Jade Otway
- Country (sports): New Zealand
- Born: 11 June 2003 (age 22)
- College: Texas Christian University
- Prize money: $8,437

Singles
- Highest ranking: No. 931 (7 December 2023)
- Current ranking: No. 1093 (23 December 2024)

Doubles
- Highest ranking: No. 717 (3 March 2025)
- Current ranking: No. 819 (23 December 2024)

Team competitions

= Jade Otway =

New Zealand tennis player (born 2003)

Jade Otway (born 11 June 2003) is a professional tennis player from New Zealand. She had a career high WTA doubles ranking of no. 727 achieved on 5 February 2024.

==Early life==
From the Marlborough District of New Zealand, she attended Samuel Marsden Collegiate School in Wellington for whom she won the College Sport Wellington Junior Tennis Championships. She was named tennis player of the year at the 2017 College Sports Wellington (CSW) Awards.

==Career==
She played for New Zealand in the Junior Federation Cup and was named Tennis New Zealand’s junior female player of the year in 2020.

Competing in American collegiate tennis for the TCU Horned Frogs she was named MVP in the inaugural NIT Universal Tennis Championship in Atlanta, Georgia helping her Texas Christian University team to win the tournament in 2023. In July 2023, she was selected to compete for New Zealand in the Billie Jean King Cup. She was the first women from the Marlborough District to compete in the competition, or the Fed Cup, for New Zealand.
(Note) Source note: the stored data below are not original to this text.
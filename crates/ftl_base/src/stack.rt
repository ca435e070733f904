ghost use Rattle.std.specs.Prelude.{◌≡◌, ℕ, ◌+◌, ◌<◌, [], ◌∷◌, ◌++◌, length, IfOk};
ghost use Rattle.ftl_model.specs.layout.Values.{Value};
ghost use Rattle.ftl_base.specs.Stacked.{EndsInValue, EndsInTruth};

use crate::engine::Engine;
use crate::truth::Truth;
use crate::val::Val;
use std::alloc::{AllocError, Global};
use std::marker::Model;

/// An entry of a stack that code runs on.
#[derive(Clone, Copy, Debug, PartialEq, Eq)]
pub enum Entry {
    Number(Val),
    Test(Truth),
}

/// A stack of values and truths. It takes all its memory when it is made: a row of values, a row of
/// truths, and a row that marks the places whose entry is a truth.
#[derive(Drop)]
pub struct CodeStack {
    depth: u32,
    height: u32,
    values: Vec<Val>,
    truths: Vec<Truth>,
    marks: Vec<bool>,
}

impl Model for CodeStack {
    ghost use Rattle.ftl_base.specs.StackRows.{stacked_of, AreStackRows};
    ghost use Rattle.ftl_base.specs.Stacked.{Stacked};

    ghost Value = { Stacked };

    ghost view = { stacked_of };

    ghost invariant = { AreStackRows };
}

impl CodeStack {
    /// An empty stack with room for `depth` entries.
    pub fn new(alloc: Global, depth: u32) -> Result<CodeStack, AllocError>
        ensures room { IfOk result (λ s. s.room ≡ depth) }
        ensures empty { IfOk result (λ s. s.entries ≡ []) }
    {
        Ok(CodeStack {
            depth,
            height: 0,
            values: Vec::from_elem(alloc, Val::overflow(), depth as usize)?,
            truths: Vec::from_elem(alloc, Truth::Overflow, depth as usize)?,
            marks: Vec::from_elem(alloc, false, depth as usize)?,
        })
    }

    /// For how many entries there is room.
    pub fn room(&self) -> u32
        ensures room { result ≡ self.now.room }
    {
        self.depth
    }

    /// Takes off all entries.
    pub fn clear(&mut self)
        ensures empty { self.new.entries ≡ [] }
        ensures room { self.new.room ≡ self.old.room }
    {
        self.height = 0;
    }

    /// Adds a value at the end.
    pub fn push_val(&mut self, v: Val)
        requires has_room { length self.old.entries < self.old.room }
        ensures entries { self.new.entries ≡ self.old.entries ++ Entry.Number v ∷ [] }
        ensures room { self.new.room ≡ self.old.room }
    {
        let place = self.height as usize;
        self.values[place] = v;
        self.marks[place] = false;
        self.height += 1;
    }

    /// Adds a truth at the end.
    pub fn push_truth(&mut self, t: Truth)
        requires has_room { length self.old.entries < self.old.room }
        ensures entries { self.new.entries ≡ self.old.entries ++ Entry.Test t ∷ [] }
        ensures room { self.new.room ≡ self.old.room }
    {
        let place = self.height as usize;
        self.truths[place] = t;
        self.marks[place] = true;
        self.height += 1;
    }

    /// Takes off the last entry, a value.
    pub fn pop_val(&mut self) -> Val
        requires last { EndsInValue self.old.entries }
        ensures entries { self.old.entries ≡ self.new.entries ++ Entry.Number result ∷ [] }
        ensures room { self.new.room ≡ self.old.room }
    {
        self.height -= 1;
        self.values[self.height as usize]
    }

    /// Takes off the last entry, a truth.
    pub fn pop_truth(&mut self) -> Truth
        requires last { EndsInTruth self.old.entries }
        ensures entries { self.old.entries ≡ self.new.entries ++ Entry.Test result ∷ [] }
        ensures room { self.new.room ≡ self.old.room }
    {
        self.height -= 1;
        self.truths[self.height as usize]
    }

    /// Lends both rows to an engine, each as long as the room, and is empty afterwards.
    pub fn lend<E: Engine>(&mut self, engine: E) -> Val
        requires room { E.may_run engine self.old.room }
        ensures gives { E.may_give engine result }
        ensures empty { self.new.entries ≡ [] }
        ensures room { self.new.room ≡ self.old.room }
    {
        let answer = engine.run(&mut self.values, &mut self.truths);
        self.height = 0;
        answer
    }
}
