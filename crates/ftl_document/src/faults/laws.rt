//! Laws on the first fault of documents, and on their trees.

ghost use Rattle.ftl_document.specs.faults.DocumentLaws.{FaultlessAreTrees, FaultsAreOfNodes};
ghost use Rattle.ftl_document.specs.faults.DocumentLaws.{CountsInstances};
ghost use Rattle.ftl_document.specs.faults.DocumentLaws.{OfTrees, MeansItsTree, IsWrittenRight};
ghost use Rattle.ftl_document.specs.faults.DocumentLaws.{IsWrittenWithin};

/// A law: a document whose nodes have no fault is a tree of the grammar. The attributes that are
/// counted of a document are the instances of its tree.
pub fn faultless_documents_are_trees()
    ensures tree { FaultlessAreTrees }
    ensures instances { CountsInstances }
{}

/// A law: the first fault is one of the nodes, or of their number of attributes.
pub fn faults_are_of_nodes()
    ensures kind { FaultsAreOfNodes }
{}

/// A law: each tree of the grammar is written by a document, in the canonical order, that means the
/// tree. No node of the document has a fault, and its numbers are within the width.
pub fn trees_are_written()
    ensures tree { OfTrees MeansItsTree }
    ensures right { OfTrees IsWrittenRight }
    ensures within { OfTrees IsWrittenWithin }
{}
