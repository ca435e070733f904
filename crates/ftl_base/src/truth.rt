ghost use Rattle.std.specs.Prelude.{◌≡◌};
ghost use Rattle.ftl_base.specs.Truths.{both_of, either_of, opposite_of, choice_of};

use crate::val::Val;

/// What a comparison gives, and what a condition of a rule is. A comparison with Overflow is
/// Overflow.
#[derive(Clone, Copy, Debug, PartialEq, Eq)]
pub enum Truth {
    Yes,
    No,
    Overflow,
}

/// Whether both hold. Overflow where one of them is.
pub fn both(a: Truth, b: Truth) -> Truth
    ensures both { result ≡ both_of a b }
{
    match (a, b) {
        (Truth::Overflow, _) | (_, Truth::Overflow) => Truth::Overflow,
        (Truth::Yes, Truth::Yes) => Truth::Yes,
        _ => Truth::No,
    }
}

/// Whether one of them holds. Overflow where one of them is.
pub fn either(a: Truth, b: Truth) -> Truth
    ensures either { result ≡ either_of a b }
{
    match (a, b) {
        (Truth::Overflow, _) | (_, Truth::Overflow) => Truth::Overflow,
        (Truth::No, Truth::No) => Truth::No,
        _ => Truth::Yes,
    }
}

/// The other answer. Overflow where it is.
pub fn not(a: Truth) -> Truth
    ensures opposite { result ≡ opposite_of a }
{
    match a {
        Truth::Yes => Truth::No,
        Truth::No => Truth::Yes,
        Truth::Overflow => Truth::Overflow,
    }
}

/// The value of the branch that a condition chooses. Overflow where the condition is; the value of
/// the other branch plays no part.
pub fn choose(t: Truth, yes: Val, no: Val) -> Val
    ensures choice { result ≡ choice_of t yes no }
{
    match t {
        Truth::Yes => yes,
        Truth::No => no,
        Truth::Overflow => Val::overflow(),
    }
}
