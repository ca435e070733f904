ghost use Rattle.std.specs.Prelude.{◌≡◌, ◌≤◌, ◌*ℤ◌};
ghost use Rattle.ftl_model.specs.layout.Values.{value_of, sum_of, difference_of, product_of};
ghost use Rattle.ftl_model.specs.layout.Values.{negated_of};
ghost use Rattle.ftl_model.specs.layout.Values.{quotient_of, least_of, greatest_of};
ghost use Rattle.ftl_base.specs.Widths.{greatest_of_width};

use crate::val::Val;
use crate::width::Width;

/// The sum. A sum out of the width's range is Overflow, and so is a sum with Overflow.
pub fn add(width: Width, a: Val, b: Val) -> Val
    ensures sum { result ≡ sum_of (greatest_of_width width) a b }
{
    match (a.get(), b.get()) {
        (Some(m), Some(n)) => width.value(m + n),
        _ => Val::overflow(),
    }
}

/// The difference, with Overflow as for a sum.
pub fn sub(width: Width, a: Val, b: Val) -> Val
    ensures difference { result ≡ difference_of (greatest_of_width width) a b }
{
    match (a.get(), b.get()) {
        (Some(m), Some(n)) => width.value(m - n),
        _ => Val::overflow(),
    }
}

/// The product, with Overflow as for a sum.
pub fn mul(width: Width, a: Val, b: Val) -> Val
    ensures product { result ≡ product_of (greatest_of_width width) a b }
{
    match (a.get(), b.get()) {
        (Some(m), Some(n)) => product(width, m, n),
        _ => Val::overflow(),
    }
}

/// The product of two numbers. One that fits no machine number is out of range too.
fn product(width: Width, m: i64, n: i64) -> Val
    ensures value { result ≡ value_of (greatest_of_width width) (m *ℤ n) }
{
    match m.checked_mul(n) {
        Some(exact) => width.value(exact),
        None => Val::overflow(),
    }
}

/// The number with the other sign, with Overflow as for a sum.
pub fn neg(width: Width, a: Val) -> Val
    ensures negated { result ≡ negated_of (greatest_of_width width) a }
{
    match a.get() {
        Some(m) => width.value(-m),
        None => Val::overflow(),
    }
}

/// The quotient by a whole number, rounded towards minus infinity, with Overflow as for a sum.
pub fn div_floor(width: Width, a: Val, k: u32) -> Val
    requires from_one { 1 ≤ k }
    requires bound { k ≤ 2147483647 }
    ensures quotient { result ≡ quotient_of (greatest_of_width width) a k }
{
    match a.get() {
        Some(m) => width.value(m.div_euclid(k as i64)),
        None => Val::overflow(),
    }
}

/// The least of two values, or Overflow where one of them is.
pub fn least(a: Val, b: Val) -> Val
    ensures least { result ≡ least_of a b }
{
    match (a.get(), b.get()) {
        (Some(m), Some(n)) => Val { number: m.min(n) },
        _ => Val::overflow(),
    }
}

/// The greatest of two values, or Overflow where one of them is.
pub fn greatest(a: Val, b: Val) -> Val
    ensures greatest { result ≡ greatest_of a b }
{
    // Overflow is held as a number above all others
    Val {
        number: a.number.max(b.number),
    }
}
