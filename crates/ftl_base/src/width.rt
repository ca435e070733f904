ghost use Rattle.std.specs.Prelude.{◌≡◌};
ghost use Rattle.ftl_base.specs.Widths.{greatest_of_width};

/// How far the numbers of a page go: narrow ones from -2147483648 to 2147483647, wide ones from
/// -140737488355328 to 140737488355327.
#[derive(Clone, Copy, Debug, PartialEq, Eq)]
pub enum Width {
    Narrow,
    Wide,
}

impl Width {
    /// The greatest number of the width.
    pub fn greatest_number(self) -> u64
        ensures number { result ≡ greatest_of_width self }
    {
        match self {
            Width::Narrow => 2147483647,
            Width::Wide => 140737488355327,
        }
    }
}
In December 2024, she was awarded a wildcard alongside Monique Barry into the main draw of the women's doubles at the 2025 ASB Classic in Auckland.

==Personal life==
In 2021, she received a tennis scholarship to attend Texas Christian University, based in Fort Worth, Texas in the United States. She has a twin sister, Kyla, who competes in rowing.